According to recent research, for example by Lawrence Rudner, Veronica Garcia and Catherine Welch, and by Mark Shermis and Ben Hamner, there is increasing evidence that machine scoring can replicate human markers’ scores at least as well as human markers can replicate each other’s scores. Even so, there are concerns about the effect on teachers and test takers. As researchers such as Joanne Drechsel and Sara Weigle have noted, if machine scoring focuses only on the mechanics of writing (syntax, spelling and punctuation) at the expense of the cognition of meaning making, this may have washback to teaching and test taking situations. For this reason, we’ve investigated the quality of score replication of the two ACER writing assessments.
We found that, on both tasks, when all eight criteria scores were summed, correlations between each of the expert human markers and the machine were as high as the correlation between the two human markers. There was also little difference in the quality of machine scoring across tasks.

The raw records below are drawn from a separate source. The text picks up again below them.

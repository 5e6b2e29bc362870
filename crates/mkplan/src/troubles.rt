//! Why no plan was made.
use plantext::Wrong;
use std::alloc::{AllocError, Global};
use thiserror::Error;

/// What `mkplan` prints where it makes no plan.
#[derive(Debug, Drop, Error)]
pub enum Trouble {
    #[error("mkplan: write mkplan TEXT PLAN")]
    Use,
    #[error("{0}: cannot be read")]
    NotRead(String),
    #[error("{0}: cannot be written")]
    NotWritten(String),
    #[error("{0}:{1}")]
    InText(String, Wrong),
    #[error("mkplan: the bytes are no plan; nothing was written")]
    NoPlan,
    #[error("mkplan: no memory is left; run it where there is more")]
    Heap(#[from(alloc)] AllocError),
}

impl Trouble {
    /// Something is wrong in this text.
    pub fn in_text(heap: Global, text: &str, wrong: Wrong) -> Result<Trouble, Trouble> {
        Ok(Trouble::InText(String::from_str(heap, text)?, wrong))
    }
}
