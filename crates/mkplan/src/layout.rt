//! A plan as bytes, by the writer of the library `plan`.
ghost use Rattle.std.specs.Prelude.{◌≡◌, true, map, length, IfOk, vec_len};
ghost use Rattle.plan.specs.Taken.{accepts};
ghost use Rattle.plan.specs.Drafts.{given};
ghost use Rattle.mkplan.specs.Handed.{handed};

use crate::memories::Loaded;
use crate::troubles::Trouble;
use model::plan::Channel;
use plan::check::check;
use plan::draft::{Draft, DraftPart};
use plantext::Plan;
use std::alloc::{AllocError, Global};

impl Loaded {
    /// The partition as it is handed over.
    fn part(&self) -> DraftPart<'_>
        ensures { given result ≡ handed self.now }
    {
        DraftPart {
            tasks: self.tasks.as_slice(),
            memory: self.memory.bytes.as_slice(),
        }
    }
}

/// The partitions as they are handed over: the tasks of each, and its memory.
fn parts_of<'a>(heap: Global, partitions: &'a [Loaded]) -> Result<Vec<DraftPart<'a>>, AllocError>
    ensures len { IfOk result (λ v. vec_len v ≡ length partitions.now) }
    ensures each { IfOk result (λ v. map given v.items ≡ map handed partitions.now) }
{
    let mut parts = Vec::new(heap);
    // Stays a loop: of structs that hold loans a chain's proof says how many there are, and not what they lend.
    for loaded in partitions {
        parts.push(loaded.part())?;
    }
    Ok(parts)
}

/// The bytes of a draft, which are a plan's.
fn written(heap: Global, draft: &Draft) -> Result<Vec<u8>, Trouble>
    ensures plan { IfOk result (λ v. accepts v.items ≡ true) }
{
    let size = draft.size().ok_or(Trouble::NoPlan)?;
    let mut out = vec![in heap; 0; size]?;
    draft
        .write(out.as_mut_slice())
        .map_err(|_| Trouble::NoPlan)?;
    check(out.as_slice()).map_err(|_| Trouble::NoPlan)?;
    Ok(out)
}

/// The bytes of a plan with these partitions.
pub fn plan_bytes(heap: Global, plan: &Plan, partitions: &[Loaded]) -> Result<Vec<u8>, Trouble>
    requires each { vec_len plan.now.partitions ≡ length partitions.now }
    ensures plan { IfOk result (λ v. accepts v.items ≡ true) }
{
    let parts = parts_of(heap, partitions)?;
    let channels: Vec<Channel> = plan
        .channels
        .iter()
        .map(|channel| channel.item)
        .collect(heap)?;
    let draft = Draft {
        system: plan.system,
        windows: plan.windows.as_slice(),
        channels: channels.as_slice(),
        parts: parts.as_slice(),
    };
    written(heap, &draft)
}
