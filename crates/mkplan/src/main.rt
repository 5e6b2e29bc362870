//! `mkplan TEXT PLAN` makes a plan's bytes from its text. docs/PLAN-TEXT.md says what the text is.
#![tactic(auto)]

ghost use Rattle.std.specs.Prelude.{◌≡◌, length, IfOk, vec_len};

mod layout;
mod memories;
mod troubles;

use memories::{Loaded, Memory, filled};
use plantext::{Fault, FileFault, Named, Outcome, Partition, Wrong};
use std::alloc::Global;
use std::path::PathBuf;
use std::process::ExitCode;
use std::{env, fs};
use troubles::Trouble;

const HELP: &str =
    "mkplan TEXT PLAN makes the plan's bytes, in the file PLAN, from the text in the file TEXT.
It prints nothing then, and its status is 0. With a fault it prints one line on standard
error, TEXT:LINE: what is wrong; what would be right, its status is 1, and PLAN stays as it is.
The programs' files are taken from the folder of TEXT.";

/// The memory of a partition, with its program's file.
fn load(rt: &HostRuntime, text: &str, partition: &Partition) -> Result<Memory, Fault> {
    let heap = rt.alloc();
    match &partition.memory {
        plantext::Memory::Zeros(pages) => Ok(filled(Vec::new(heap), *pages)?),
        plantext::Memory::Program { file, pages } => {
            let mut path = PathBuf::from_str(heap, text)?;
            path.pop();
            path.push(file.as_str())?;
            let Ok(program) = fs::read(rt, path) else {
                return Err(FileFault::Unreadable(file.clone()?).into());
            };
            let pages = plantext::fitting(heap, file.as_str(), program.len(), *pages)?;
            Ok(filled(program, pages)?)
        }
    }
}

/// The partitions with their memories, in their order.
fn load_all(
    rt: &HostRuntime,
    text: &str,
    partitions: &[Named<Partition>],
) -> Result<Vec<Loaded>, Trouble>
    ensures each { IfOk result (λ v. vec_len v ≡ length partitions.now) }
{
    let heap = rt.alloc();
    let mut all = Vec::new(heap);
    // Stays a loop: the closure of a `map` would be all of its body.
    for named in partitions {
        let partition = &named.item;
        let line = named.name.line;
        let memory = load(rt, text, partition).try_map_err(|fault| Trouble::in_text(
            heap,
            text,
            Wrong { line, fault },
        ))?;
        let tasks = partition.tasks.iter().map(|task| task.item).collect(heap)?;
        all.push(Loaded { tasks, memory })?;
    }
    Ok(all)
}

/// The plan's bytes.
fn made(rt: &HostRuntime, text: &str) -> Result<Vec<u8>, Trouble> {
    let heap = rt.alloc();
    let Ok(source) = fs::read(rt, text) else {
        return Err(Trouble::NotRead(String::from_str(heap, text)?));
    };
    let Outcome { plan, end } = plantext::read(heap, source.as_slice());
    let partitions = load_all(rt, text, plan.partitions.as_slice())?;
    end.try_map_err(|wrong| Trouble::in_text(heap, text, wrong))?;
    layout::plan_bytes(heap, &plan, partitions.as_slice())
}

/// Writes the file, which holds these bytes when it is read again.
fn keep(rt: &HostRuntime, plan: &str, bytes: &[u8]) -> Result<(), Trouble> {
    match fs::write(rt, plan, bytes).and_then(|()| fs::read(rt, plan)) {
        Ok(again) if again.as_slice() == bytes => Ok(()),
        _ => Err(Trouble::NotWritten(String::from_str(rt.alloc(), plan)?)),
    }
}

fn run(rt: &HostRuntime) -> Result<(), Trouble> {
    let args = env::args(rt).map_err(|_| Trouble::Use)?;
    let words: Vec<String> = args.collect(rt.alloc())?;
    match words.as_slice() {
        [_, help] if help.as_str() == "--help" => {
            let _ = rt.println(HELP);
        }
        [_, text, plan] => {
            let bytes = made(rt, text.as_str())?;
            keep(rt, plan.as_str(), bytes.as_slice())?;
            let many = bytes.len();
            let _ = println!(rt; "{plan}: {many} bytes, written and read back");
        }
        _ => return Err(Trouble::Use),
    }
    Ok(())
}

fn main(rt: HostRuntime) -> ExitCode {
    match run(&rt) {
        Ok(()) => ExitCode::SUCCESS,
        Err(trouble) => {
            let _ = eprintln!(rt; "{trouble}");
            ExitCode::FAILURE
        }
    }
}
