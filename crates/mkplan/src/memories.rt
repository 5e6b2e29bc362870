//! The memory of a partition.
ghost use Rattle.std.specs.Prelude.{◌≡◌, ◌*◌, ◌≤◌, IfOk, vec_len};

use model::plan::Task;
use std::alloc::AllocError;

/// What a partition's memory holds, which is so many pages.
#[derive(Drop)]
pub struct Memory {
    pub bytes: Vec<u8>,
    pub pages: u16,
    ghost whole: { vec_len bytes ≡ pages * 4096 },
}

/// A memory of so many pages: the program from address 0 on, and zeros behind it.
pub fn filled(mut program: Vec<u8>, pages: u16) -> Result<Memory, AllocError>
    requires fits { vec_len program ≤ pages * 4096 }
    ensures pages { IfOk result (λ m. m.pages ≡ pages) }
{
    program.resize(usize::from(pages) * 4096, 0)?;
    Ok(Memory {
        bytes: program,
        pages,
    })
}

/// A partition with its memory.
#[derive(Drop)]
pub struct Loaded {
    pub tasks: Vec<Task>,
    pub memory: Memory,
}
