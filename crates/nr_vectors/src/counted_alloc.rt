//! The allocator, and a count of what was taken from it.
ghost use Rattle.std.specs.Prelude.{◌≡◌, ◌+◌, [], IfOk, OnErr, vec_capacity};

use std::alloc::{AllocError, Global};
use std::marker::Model;

/// The system's allocator, and how much was taken from it. It gives the allocator to nobody, so what is lent this and has no
/// other takes no memory that isn't counted.
///
/// Clauses see the count: of elements, those of all vectors and boxes together. What is given back stays counted.
#[derive(Drop)]
pub struct CountedAlloc {
    alloc: Global,
    taken: usize,
}

impl Model for CountedAlloc {
    ghost use Rattle.std.specs.Prelude.{ℕ};

    ghost Value = { ℕ };

    ghost view = { λ a. a.taken };
}

impl CountedAlloc {
    /// Nothing is taken yet.
    pub fn new(alloc: Global) -> CountedAlloc
        ensures { result ≡ 0 }
    {
        CountedAlloc { alloc, taken: 0 }
    }

    /// An empty vector with memory for so many elements, and no more: `AllocError` where there is none, or where the count would
    /// pass `usize::MAX`.
    ///
    /// Proved: What takes memory takes it from an allocator that counts the elements, and a call that makes a vector,
    /// or what holds vectors, says how many more they are then: those of its rooms. A second vector, kept in a field
    /// that no clause sees or dropped again, would be counted too. (`CountedAlloc::{vector, boxed}`,
    /// `ReservedVec::new` in reserved_vec.rt, `ReservedArray::new` in reserved_array.rt, and each `new` above them up to `Desk::new` in nr_engine/desk.rt)
    pub(crate) fn vector<T>(&mut self, capacity: usize) -> Result<Vec<T>, AllocError>
        ensures empty { IfOk result (λ vector. vector.items ≡ []) }
        ensures exact { IfOk result (λ vector. vec_capacity vector ≡ capacity) }
        ensures taken { IfOk result (λ vector. self.new ≡ self.old + capacity) }
        ensures refused { OnErr result (self.new ≡ self.old) }
    {
        let Some(taken) = self.taken.checked_add(capacity) else {
            return Err(AllocError);
        };
        let vector = Vec::with_capacity(self.alloc, capacity)?;
        self.taken = taken;
        Ok(vector)
    }

    /// These elements on the heap: `AllocError` as above.
    pub(crate) fn boxed<const N: usize>(
        &mut self,
        elements: [usize; N],
    ) -> Result<Box<[usize; N]>, AllocError>
        ensures same { IfOk result (λ boxed. boxed.value ≡ elements.entry) }
        ensures taken { IfOk result (λ boxed. self.new ≡ self.old + N) }
        ensures refused { OnErr result (self.new ≡ self.old) }
    {
        let Some(taken) = self.taken.checked_add(N) else {
            return Err(AllocError);
        };
        let boxed = Box::new(self.alloc, elements)?;
        self.taken = taken;
        Ok(boxed)
    }
}
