//! An array on the heap, whose memory is taken once, and that gives nobody its allocator.
ghost use Rattle.std.specs.Prelude.{◌≡◌, ◌+◌, ◌<◌, length, replicate, slice_set, IfOk};

use crate::counted_alloc::CountedAlloc;
use std::alloc::AllocError;
use std::marker::Model;

/// Numbers, as many as at first, in memory that `new` takes and no other call does. It has no call that gives its allocator,
/// so whatever holds numbers in it can't take memory by it.
///
/// Clauses see the list of the numbers.
///
/// Proved: An array whose memory is taken once has as many numbers after every call, and no call gives its allocator.
#[derive(Drop)]
pub struct ReservedArray<const N: usize> {
    numbers: Box<[usize; N]>,
}

impl<const N: usize> Model for ReservedArray<N> {
    ghost use Rattle.std.specs.Prelude.{ℕ, ◌≡◌, List, length};

    ghost Value = { List ℕ };

    ghost view = { λ a. a.numbers.value };

    ghost invariant = { λ a. length a.numbers.value ≡ N };
}

impl<const N: usize> ReservedArray<N> {
    /// These numbers: `AllocError` where there is no memory for them.
    pub fn new(
        alloc: &mut CountedAlloc,
        numbers: [usize; N],
    ) -> Result<ReservedArray<N>, AllocError>
        ensures same { IfOk result (λ made. made ≡ numbers.entry) }
        ensures taken { IfOk result (λ made. alloc.new ≡ alloc.old + N) }
    {
        let numbers = alloc.boxed(numbers)?;
        Ok(ReservedArray { numbers })
    }

    /// All of them.
    #[inline(always)]
    pub fn as_array(&self) -> &[usize; N]
        ensures { result.now ≡ self.now }
    {
        &self.numbers
    }

    /// Puts a number at a place.
    #[inline(always)]
    pub fn set(&mut self, place: usize, number: usize)
        requires within { place < N }
        requires few { place < 65536 }
        ensures { self.new ≡ slice_set self.old place number }
    {
        self.numbers[place] = number;
    }

    /// Takes the numbers of another array.
    pub fn copy_from(&mut self, other: &ReservedArray<N>)
        ensures { self.new ≡ other.now }
    {
        *self.numbers = *other.numbers;
    }

    /// Puts a number at each place.
    pub fn fill(&mut self, number: usize)
        ensures { self.new ≡ replicate N number }
    {
        *self.numbers = [number; N];
    }
}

Table 1: Correlations between human markers and machine scoring
N = 334
N = 332
|Marker 1 and 2||0.88||0.85|
|Marker 1 and Machine||0.89||0.86|
|Marker 2 and Machine||0.89||0.88|
On all but one of the eight criteria scores across both tasks, machine scoring replicates the human markers’ scores at least as well as human markers can replicate each other’s scores. Interestingly, machine scoring did not score any better than human scoring on criteria that address the mechanics of writing. In fact, it appears to be more reliable than human markers when scoring criteria that address audience, purpose and meaning making.
Is the machine infallible?
There are rare cases when writing cannot be scored by the machine, such as when a piece of writing consists of only a few words, contains overwhelmingly poor spelling or many foreign words, lacks punctuation or is off topic. In such instances, there is either not enough writing provided for the computer to score, or the content is so unlike the scripts in the training set that the computer cannot apply the scoring model. Since a copy of each student’s writing is always available in the reporting system, however, nonscored scripts can be reviewed by the teacher.
The individual student report provides a graphical display of the student’s scale score on the assessment continuum and mapped to ACSF levels. Scores for all writing subskills assessed on both tasks are overlayed on the assessment continuum and shown numerically. Strengths and weaknesses are highlighted and teachers gain rich information for developing learning plans for individual students.
The student response report contains writing submitted for scoring and can be used by both the teacher and student as a basis for discussion.
The group report in graph form enables teachers to see at a glance the achievements of all students against the ACSF and writing subskills and use this to plan learning that targets the whole group.
The computerised assessment of writing aims to provide you with an accurate and efficient way to assess literacy skills in the VET sector to support you and your students in teaching and learning. ■
Drechsel, J. (1999). Writing into silence: Losing voice with writing assessment technology. Teaching English in the two-year college. 26: 380–87.
Rudner, L.M., Garcia, V. & Welch, C. (2006). An evaluation of the IntelliMetric essay scoring system. Journal of Technology, Learning, and Assessment. 4(4): 3–21.
Shermis, M.D. & Hamner, B. (2012). Contrasting state-of-the-art automated scoring of essays: Analysis. Available at <http://dl.dropbox.com/u/44416236/NCME%202012%20Paper3_29_12.pdf>
Weigle, S.C. (2002). Assessing Writing. Cambridge: Cambridge University Press.